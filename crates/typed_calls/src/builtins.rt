// Calls.

ghost use Rattle.std.specs.Prelude.{◌≡◌};
ghost use Rattle.type_names.specs.Walks.{Comes};
ghost use Rattle.typed_calls.specs.BuiltinCalls as spec;

use crate::admitted::admits_all;
use crate::answered::answered;
use crate::declared_call::grown;
use crate::fitted_arguments;
use crate::wanted::wanted_by;
use crate::widest::{on_numbers, widest};
use apex_list::Items;
use builtin_signatures::dues_of;
use builtin_table::Builtin;
use class_tables::ClassHeads;
use fault_words::FaultWord;
use std::alloc::Global;
use type_names::{TreeFault, WalkFault};
use typed_program::{TypedExpr, TypedPart};
use typed_values::{Kind, Typed};

fn arguments(
    alloc: Global,
    lines: &ClassHeads,
    receiver: &Kind,
    builtin: Builtin,
    at: usize,
    args: Items<Typed>,
) -> Result<Items<TypedExpr>, WalkFault>
    ensures { Comes (spec.arguments lines.now.heads receiver.now builtin at args) result }
{
    if !admits_all(receiver, dues_of(builtin), args.as_slice()) {
        return Err(TreeFault::new(FaultWord::WrongArguments, at).into());
    }
    let params = wanted_by(alloc, receiver, builtin, args.as_slice())?;
    fitted_arguments(alloc, lines, params.as_slice(), at, args)
}

// The arguments, and what the method answers.
fn taken(
    alloc: Global,
    lines: &ClassHeads,
    receiver: &Kind,
    builtin: Builtin,
    at: usize,
    args: Items<Typed>,
) -> Result<(Items<TypedExpr>, Kind), WalkFault>
    ensures { Comes (spec.taken lines.now.heads receiver.now builtin at args) result }
{
    let kind = answered(alloc, receiver, builtin, args.as_slice())?;
    let trees = arguments(alloc, lines, receiver, builtin, at, args)?;
    Ok((trees, kind))
}

/// The call of a built-in method of a value. `WrongArguments` at the name, which stands at this byte, where an argument
/// doesn't fit.
pub fn builtin_call(
    alloc: Global,
    lines: &ClassHeads,
    receiver: Typed,
    builtin: Builtin,
    name_at: usize,
    args: Items<Typed>,
) -> Result<Typed, WalkFault>
    ensures { Comes (spec.builtin_call lines.now.heads receiver builtin name_at args) result }
{
    let (trees, kind) = taken(alloc, lines, &receiver.kind, builtin, name_at, args)?;
    grown(alloc, receiver, kind, TypedPart::Builtin(builtin, trees))
}

/// The call of a built-in method of a type, which begins at one byte; the name stands at another one. `WrongArguments` at
/// the name where an argument doesn't fit.
pub fn type_call(
    alloc: Global,
    lines: &ClassHeads,
    at: usize,
    builtin: Builtin,
    name_at: usize,
    args: Items<Typed>,
) -> Result<Typed, WalkFault>
    ensures { Comes (spec.type_call lines.now.heads at builtin name_at args) result }
{
    let which = on_numbers(builtin, widest(args.as_slice()));
    let (trees, kind) = taken(alloc, lines, &Kind::Nothing, builtin, name_at, args)?;
    Ok(Typed::plain(alloc, at, kind, TypedExpr::CallBuiltin(which, trees))?)
}

fn shown(alloc: Global, at: usize, name_at: usize, arg: Typed) -> Result<Typed, WalkFault>
    ensures { Comes (spec.shown at name_at arg) result }
{
    match arg.kind {
        Kind::Nothing => Err(TreeFault::new(FaultWord::WrongArguments, name_at).into()),
        Kind::Null | Kind::Faulty | Kind::Is(_) => {
            Ok(Typed::plain(alloc, at, Kind::Nothing, TypedExpr::Debug(arg.tree))?)
        }
    }
}

/// The call of `System.debug`, which takes one value of any type; the name stands at the second byte.
pub fn debug_call(
    alloc: Global,
    at: usize,
    name_at: usize,
    args: Items<Typed>,
) -> Result<Typed, WalkFault>
    ensures { Comes (spec.debug_call at name_at args) result }
{
    let mut args = args;
    match args.pop() {
        Some(arg) => {
            if args.is_empty() {
                shown(alloc, at, name_at, arg)
            } else {
                Err(TreeFault::new(FaultWord::WrongArguments, name_at).into())
            }
        }
        None => Err(TreeFault::new(FaultWord::WrongArguments, name_at).into()),
    }
}
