// Reads input into memory that the caller lends.
#![tactic(auto)]

ghost use Rattle.std.specs.Prelude.{◌≤◌, ◌<◌, length, take, IfOk};
ghost use Rattle.std.specs.Io.KnownBytes.{Consumes, IsAtEnd};

use std::io;
use std::io::Read;

// Reads until the memory is full or the input ends. Answers how many bytes were put at its start.
pub fn read_full<R: Read>(input: &mut R, buf: &mut [u8]) -> io::Result<usize>
    ensures count { IfOk result (λ n. n ≤ length buf.new) }
    ensures bytes { IfOk result (λ n. Consumes (R.remaining input.old) (R.remaining input.new) (take n buf.new)) }
    ensures end { IfOk result (λ n. n < length buf.new → IsAtEnd (R.remaining input.new)) }
{
    let mut done = 0;
    while done < buf.len() {
        let n = input.read(&mut buf[done..])?;
        if n == 0 {
            return Ok(done);
        }
        done += n;
    }
    Ok(done)
}

#[cfg(test)]
mod tests {
    use super::*;
    use std::test::Fail;

    // two reads give five bytes, and a third says that it ends
    #[test]
    fn reads_on_to_the_end(rt: HostRuntime) -> Result<(), Fail> {
        let mut input = (&b"ab"[..]).chain(&b"cde"[..]);
        let mut buf = [0u8; 8];
        let n = read_full(&mut input, &mut buf)?;
        assert_eq!(rt; n, 5);
        assert_eq!(rt; buf, *b"abcde\0\0\0");
        Ok(())
    }

    #[test]
    fn leaves_what_has_no_room(rt: HostRuntime) -> Result<(), Fail> {
        let mut input = (&b"ab"[..]).chain(&b"cde"[..]);
        let mut buf = [0u8; 4];
        let n = read_full(&mut input, &mut buf)?;
        assert_eq!(rt; n, 4);
        assert_eq!(rt; buf, *b"abcd");
        let n = read_full(&mut input, &mut buf)?;
        assert_eq!(rt; n, 1);
        assert_eq!(rt; buf, *b"ebcd");
        Ok(())
    }
}
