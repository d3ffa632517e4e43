//! Rows of names.

ghost use Rattle.std.specs.Prelude.{◌≡◌, ◌+◌, ◌*◌, ◌^◌, ◌<◌, ◌≤◌, ◌++◌, ◌∷◌, [], length, map, All, OnOk, OnErr};
ghost use Rattle.std.specs.Io.KnownBytes.{Appends};
ghost use Rattle.surf_outside.specs.Causes.{HasCause};
ghost use Rattle.surf_outside.specs.Known.{AppendsPrefix};
ghost use Rattle.surf_outside.specs.Puts.{Puts};
ghost use Rattle.surface_rows.specs.Rows.{name_of, row_line, spaced, rows_text};

use species::Names;
use surf_kinds::SpeciesId;
use surf_outside::{Failed, Sink, put};

/// The bytes of a name.
pub fn name_bytes(names: &Names, id: SpeciesId) -> &[u8]
    requires { id.0 < length names.now }
    ensures { result.now ≡ name_of names.now id }
{
    names.name(id).as_bytes()
}

/// Writes a space and a name.
fn write_next<O: Sink>(out: &mut O, name: &[u8]) -> Result<(), Failed>
    ensures { Puts (O.written out.old) (O.written out.new) (O.faults out.old) (O.faults out.new) (32 ∷ name.now) result }
{
    put(out, b" ")?;
    put(out, name)
}

/// Writes names with one space between.
fn write_names<O: Sink>(out: &mut O, names: &Names, ids: &[SpeciesId]) -> Result<(), Failed>
    requires { All (λ s. s.0 < length names.now) ids.now }
    ensures { Puts (O.written out.old) (O.written out.new) (O.faults out.old) (O.faults out.new) (spaced (map (name_of names.now) ids.now)) result }
{
    let Some((first, others)) = ids.split_first() else {
        return Ok(());
    };
    put(out, name_bytes(names, *first))?;
    for id in others {
        write_next(out, name_bytes(names, *id))?;
    }
    Ok(())
}

/// Writes the line of a row.
fn write_row<O: Sink>(out: &mut O, names: &Names, row: &[SpeciesId]) -> Result<(), Failed>
    requires { All (λ s. s.0 < length names.now) row.now }
    ensures { Puts (O.written out.old) (O.written out.new) (O.faults out.old) (O.faults out.new) (spaced (map (name_of names.now) row.now) ++ 10 ∷ []) result }
{
    write_names(out, names, row)?;
    put(out, b"\n")
}

/// Writes the line of one row of a surface; `cells` has the species of each site, row by row. After a fault of the
/// sink a prefix of the line was written.
pub fn write_row_of<O: Sink>(
    out: &mut O,
    names: &Names,
    cols: u32,
    cells: &[SpeciesId],
    row: u32,
) -> Result<(), Failed>
    requires within { row * cols + cols ≤ length cells.now }
    requires few { length cells.now ≤ 2 ^ 20 }
    requires known { All (λ s. s.0 < length names.now) cells.now }
    ensures { Puts (O.written out.old) (O.written out.new) (O.faults out.old) (O.faults out.new) (row_line names.now cols cells.now row ++ 10 ∷ []) result }
{
    let cols = cols as usize;
    let from = row as usize * cols;
    write_row(out, names, &cells[from..from + cols])
}

/// Writes the rows of a surface, each as a line of names with one space between. `cells` has the species of each
/// site, row by row. After a fault of the sink a prefix of the text was written.
pub fn write_rows<O: Sink>(
    out: &mut O,
    names: &Names,
    rows: u32,
    cols: u32,
    cells: &[SpeciesId],
) -> Result<(), Failed>
    requires sites { length cells.now ≡ rows * cols }
    requires few { length cells.now ≤ 2 ^ 20 }
    requires known { All (λ s. s.0 < length names.now) cells.now }
    ensures ok { OnOk result (Appends (O.written out.old) (O.written out.new) (rows_text names.now rows cols cells.now)) }
    ensures err { OnErr result (AppendsPrefix (O.written out.old) (O.written out.new) (rows_text names.now rows cols cells.now)) }
    ensures cause { HasCause (O.faults out.old) (O.faults out.new) result }
{
    for row in 0..rows {
        write_row_of(out, names, cols, cells, row)?;
    }
    Ok(())
}
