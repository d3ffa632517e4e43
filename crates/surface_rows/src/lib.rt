//! The rows of a surface as text.
//!
//! A row is a line of the names of the species at its sites, with one space between. [`write_rows`] promises that
//! the sink gains the lines of all rows or, where the sink fails, a prefix of them; [`write_row_of`] writes one of them. Each name goes out by a call of its
//! own, so nothing here takes memory, however large the surface. The crate stands on `surf_kinds`, `surf_outside` and
//! `species`.
#![tactic(auto)]

pub mod laws;
mod rows;

pub use rows::{name_bytes, write_row_of, write_rows};

#[cfg(test)]
mod tests;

● ● ● ● ●

YOUR GOAL >>
Go through the records. Copy each line where "that" appears.

SOLUTION >>
// Reads input into memory that the caller lends.
    // two reads give five bytes, and a third says that it ends
//! A row is a line of the names of the species at its sites, with one space between. [`write_rows`] promises that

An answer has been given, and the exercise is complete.